Collected data
▽

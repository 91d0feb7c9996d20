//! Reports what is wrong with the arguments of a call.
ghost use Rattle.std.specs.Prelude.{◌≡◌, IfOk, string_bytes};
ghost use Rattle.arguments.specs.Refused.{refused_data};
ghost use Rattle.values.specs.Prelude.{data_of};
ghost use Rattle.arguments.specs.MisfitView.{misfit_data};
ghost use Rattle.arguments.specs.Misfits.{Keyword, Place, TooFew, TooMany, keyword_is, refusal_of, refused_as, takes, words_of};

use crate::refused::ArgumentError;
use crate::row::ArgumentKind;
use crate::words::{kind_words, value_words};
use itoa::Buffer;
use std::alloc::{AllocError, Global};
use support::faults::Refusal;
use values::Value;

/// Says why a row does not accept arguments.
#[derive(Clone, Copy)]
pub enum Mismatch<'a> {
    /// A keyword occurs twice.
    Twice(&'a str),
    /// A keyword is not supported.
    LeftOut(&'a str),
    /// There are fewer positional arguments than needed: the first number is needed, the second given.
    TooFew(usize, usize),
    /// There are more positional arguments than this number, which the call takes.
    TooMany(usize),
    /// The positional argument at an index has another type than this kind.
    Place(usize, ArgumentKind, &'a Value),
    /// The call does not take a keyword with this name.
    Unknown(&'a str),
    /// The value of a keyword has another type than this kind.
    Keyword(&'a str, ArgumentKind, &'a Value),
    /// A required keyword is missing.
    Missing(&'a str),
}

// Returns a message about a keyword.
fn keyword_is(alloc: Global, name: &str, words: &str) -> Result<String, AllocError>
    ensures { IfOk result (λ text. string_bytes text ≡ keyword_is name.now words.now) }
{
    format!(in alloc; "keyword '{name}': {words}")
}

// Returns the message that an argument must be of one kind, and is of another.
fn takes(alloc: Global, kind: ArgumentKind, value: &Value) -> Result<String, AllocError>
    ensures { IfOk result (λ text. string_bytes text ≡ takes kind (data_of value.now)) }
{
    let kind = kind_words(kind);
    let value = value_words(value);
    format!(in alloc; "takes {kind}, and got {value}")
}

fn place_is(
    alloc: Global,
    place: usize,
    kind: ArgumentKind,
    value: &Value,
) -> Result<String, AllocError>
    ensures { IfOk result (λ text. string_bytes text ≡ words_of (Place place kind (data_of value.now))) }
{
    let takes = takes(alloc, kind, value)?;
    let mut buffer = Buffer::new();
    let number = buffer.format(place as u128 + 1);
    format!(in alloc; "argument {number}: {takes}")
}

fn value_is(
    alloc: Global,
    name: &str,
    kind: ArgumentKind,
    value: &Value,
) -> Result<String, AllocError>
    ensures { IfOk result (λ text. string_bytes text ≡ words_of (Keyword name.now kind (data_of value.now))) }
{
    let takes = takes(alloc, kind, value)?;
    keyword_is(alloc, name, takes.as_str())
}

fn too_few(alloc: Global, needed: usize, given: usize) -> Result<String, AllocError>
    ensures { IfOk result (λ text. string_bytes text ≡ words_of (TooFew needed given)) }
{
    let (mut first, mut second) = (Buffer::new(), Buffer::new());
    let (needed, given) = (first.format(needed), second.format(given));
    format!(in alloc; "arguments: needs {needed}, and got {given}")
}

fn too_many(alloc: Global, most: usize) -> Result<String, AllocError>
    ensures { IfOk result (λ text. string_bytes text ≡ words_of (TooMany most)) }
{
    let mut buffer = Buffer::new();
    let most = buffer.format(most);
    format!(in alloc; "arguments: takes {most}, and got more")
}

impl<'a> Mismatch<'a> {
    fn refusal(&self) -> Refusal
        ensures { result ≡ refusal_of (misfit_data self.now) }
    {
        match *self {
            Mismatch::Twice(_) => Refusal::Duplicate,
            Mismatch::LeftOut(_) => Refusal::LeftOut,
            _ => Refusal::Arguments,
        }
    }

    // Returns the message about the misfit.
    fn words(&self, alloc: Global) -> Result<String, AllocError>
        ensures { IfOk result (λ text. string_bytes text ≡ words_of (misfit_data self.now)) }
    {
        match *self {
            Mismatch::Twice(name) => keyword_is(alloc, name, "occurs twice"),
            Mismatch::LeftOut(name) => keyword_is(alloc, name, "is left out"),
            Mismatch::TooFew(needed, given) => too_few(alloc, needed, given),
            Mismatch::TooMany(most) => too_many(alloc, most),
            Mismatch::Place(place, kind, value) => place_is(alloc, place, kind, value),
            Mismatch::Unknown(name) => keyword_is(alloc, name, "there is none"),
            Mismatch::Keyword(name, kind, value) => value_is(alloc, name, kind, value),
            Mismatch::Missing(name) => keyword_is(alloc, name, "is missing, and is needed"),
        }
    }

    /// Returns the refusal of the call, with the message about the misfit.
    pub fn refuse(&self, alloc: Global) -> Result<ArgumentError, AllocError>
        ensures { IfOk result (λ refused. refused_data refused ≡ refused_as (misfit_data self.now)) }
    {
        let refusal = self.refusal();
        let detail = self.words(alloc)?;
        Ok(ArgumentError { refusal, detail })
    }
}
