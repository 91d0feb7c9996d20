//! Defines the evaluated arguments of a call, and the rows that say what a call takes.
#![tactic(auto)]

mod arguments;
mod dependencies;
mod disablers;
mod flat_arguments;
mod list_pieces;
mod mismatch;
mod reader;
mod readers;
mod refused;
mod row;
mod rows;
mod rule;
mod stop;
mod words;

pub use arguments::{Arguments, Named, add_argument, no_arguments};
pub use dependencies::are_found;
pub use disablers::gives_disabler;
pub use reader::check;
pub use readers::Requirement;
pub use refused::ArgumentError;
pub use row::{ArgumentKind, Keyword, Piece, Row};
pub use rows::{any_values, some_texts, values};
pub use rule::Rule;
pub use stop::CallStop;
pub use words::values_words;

△

● Required work:
Every line must be copied exactly as it stands above.

● Task response:
repository 91d0feb7c9996d20
//! Reports what is wrong with the arguments of a call.
ghost use Rattle.std.specs.Prelude.{◌≡◌, IfOk, string_bytes};
ghost use Rattle.arguments.specs.Refused.{refused_data};
ghost use Rattle.values.specs.Prelude.{data_of};
ghost use Rattle.arguments.specs.MisfitView.{misfit_data};
ghost use Rattle.arguments.specs.Misfits.{Keyword, Place, TooFew, TooMany, keyword_is, refusal_of, refused_as, takes, words_of};

use crate::refused::ArgumentError;
use crate::row::ArgumentKind;
use crate::words::{kind_words, value_words};
use itoa::Buffer;
use std::alloc::{AllocError, Global};
use support::faults::Refusal;
use values::Value;

/// Says why a row does not accept arguments.
#[derive(Clone, Copy)]
pub enum Mismatch<'a> {
    /// A keyword occurs twice.
    Twice(&'a str),
    /// A keyword is not supported.
    LeftOut(&'a str),
    /// There are fewer positional arguments than needed: the first number is needed, the second given.
    TooFew(usize, usize),
    /// There are more positional arguments than this number, which the call takes.
    TooMany(usize),
    /// The positional argument at an index has another type than this kind.
    Place(usize, ArgumentKind, &'a Value),
    /// The call does not take a keyword with this name.
    Unknown(&'a str),
    /// The value of a keyword has another type than this kind.
    Keyword(&'a str, ArgumentKind, &'a Value),
    /// A required keyword is missing.
    Missing(&'a str),
}

// Returns a message about a keyword.
fn keyword_is(alloc: Global, name: &str, words: &str) -> Result<String, AllocError>
    ensures { IfOk result (λ text. string_bytes text ≡ keyword_is name.now words.now) }
{
    format!(in alloc; "keyword '{name}': {words}")
}

// Returns the message that an argument must be of one kind, and is of another.
fn takes(alloc: Global, kind: ArgumentKind, value: &Value) -> Result<String, AllocError>
    ensures { IfOk result (λ text. string_bytes text ≡ takes kind (data_of value.now)) }
{
    let kind = kind_words(kind);
    let value = value_words(value);
    format!(in alloc; "takes {kind}, and got {value}")
}

fn place_is(
    alloc: Global,
    place: usize,
    kind: ArgumentKind,
    value: &Value,
) -> Result<String, AllocError>
    ensures { IfOk result (λ text. string_bytes text ≡ words_of (Place place kind (data_of value.now))) }
{
    let takes = takes(alloc, kind, value)?;
    let mut buffer = Buffer::new();
    let number = buffer.format(place as u128 + 1);
    format!(in alloc; "argument {number}: {takes}")
}

fn value_is(
    alloc: Global,
    name: &str,
    kind: ArgumentKind,
    value: &Value,
) -> Result<String, AllocError>
    ensures { IfOk result (λ text. string_bytes text ≡ words_of (Keyword name.now kind (data_of value.now))) }
{
    let takes = takes(alloc, kind, value)?;
    keyword_is(alloc, name, takes.as_str())
}

fn too_few(alloc: Global, needed: usize, given: usize) -> Result<String, AllocError>
    ensures { IfOk result (λ text. string_bytes text ≡ words_of (TooFew needed given)) }
{
    let (mut first, mut second) = (Buffer::new(), Buffer::new());
    let (needed, given) = (first.format(needed), second.format(given));
    format!(in alloc; "arguments: needs {needed}, and got {given}")
}

fn too_many(alloc: Global, most: usize) -> Result<String, AllocError>
    ensures { IfOk result (λ text. string_bytes text ≡ words_of (TooMany most)) }
{
    let mut buffer = Buffer::new();
    let most = buffer.format(most);
    format!(in alloc; "arguments: takes {most}, and got more")
}

impl<'a> Mismatch<'a> {
    fn refusal(&self) -> Refusal
        ensures { result ≡ refusal_of (misfit_data self.now) }
    {
        match *self {
            Mismatch::Twice(_) => Refusal::Duplicate,
            Mismatch::LeftOut(_) => Refusal::LeftOut,
            _ => Refusal::Arguments,
        }
    }

    // Returns the message about the misfit.
    fn words(&self, alloc: Global) -> Result<String, AllocError>
        ensures { IfOk result (λ text. string_bytes text ≡ words_of (misfit_data self.now)) }
    {
        match *self {
            Mismatch::Twice(name) => keyword_is(alloc, name, "occurs twice"),
            Mismatch::LeftOut(name) => keyword_is(alloc, name, "is left out"),
            Mismatch::TooFew(needed, given) => too_few(alloc, needed, given),
            Mismatch::TooMany(most) => too_many(alloc, most),
            Mismatch::Place(place, kind, value) => place_is(alloc, place, kind, value),
            Mismatch::Unknown(name) => keyword_is(alloc, name, "there is none"),
            Mismatch::Keyword(name, kind, value) => value_is(alloc, name, kind, value),
            Mismatch::Missing(name) => keyword_is(alloc, name, "is missing, and is needed"),
        }
    }

    /// Returns the refusal of the call, with the message about the misfit.
    pub fn refuse(&self, alloc: Global) -> Result<ArgumentError, AllocError>
        ensures { IfOk result (λ refused. refused_data refused ≡ refused_as (misfit_data self.now)) }
    {
        let refusal = self.refusal();
        let detail = self.words(alloc)?;
        Ok(ArgumentError { refusal, detail })
    }
}
repository 91d0feb7c9996d20
//! Defines the evaluated arguments of a call, and the rows that say what a call takes.
#![tactic(auto)]

mod arguments;
mod dependencies;
mod disablers;
mod flat_arguments;
mod list_pieces;
mod mismatch;
mod reader;
mod readers;
mod refused;
mod row;
mod rows;
mod rule;
mod stop;
mod words;

pub use arguments::{Arguments, Named, add_argument, no_arguments};
pub use dependencies::are_found;
pub use disablers::gives_disabler;
pub use reader::check;
pub use readers::Requirement;
pub use refused::ArgumentError;
pub use row::{ArgumentKind, Keyword, Piece, Row};
pub use rows::{any_values, some_texts, values};
pub use rule::Rule;
pub use stop::CallStop;
pub use words::values_words;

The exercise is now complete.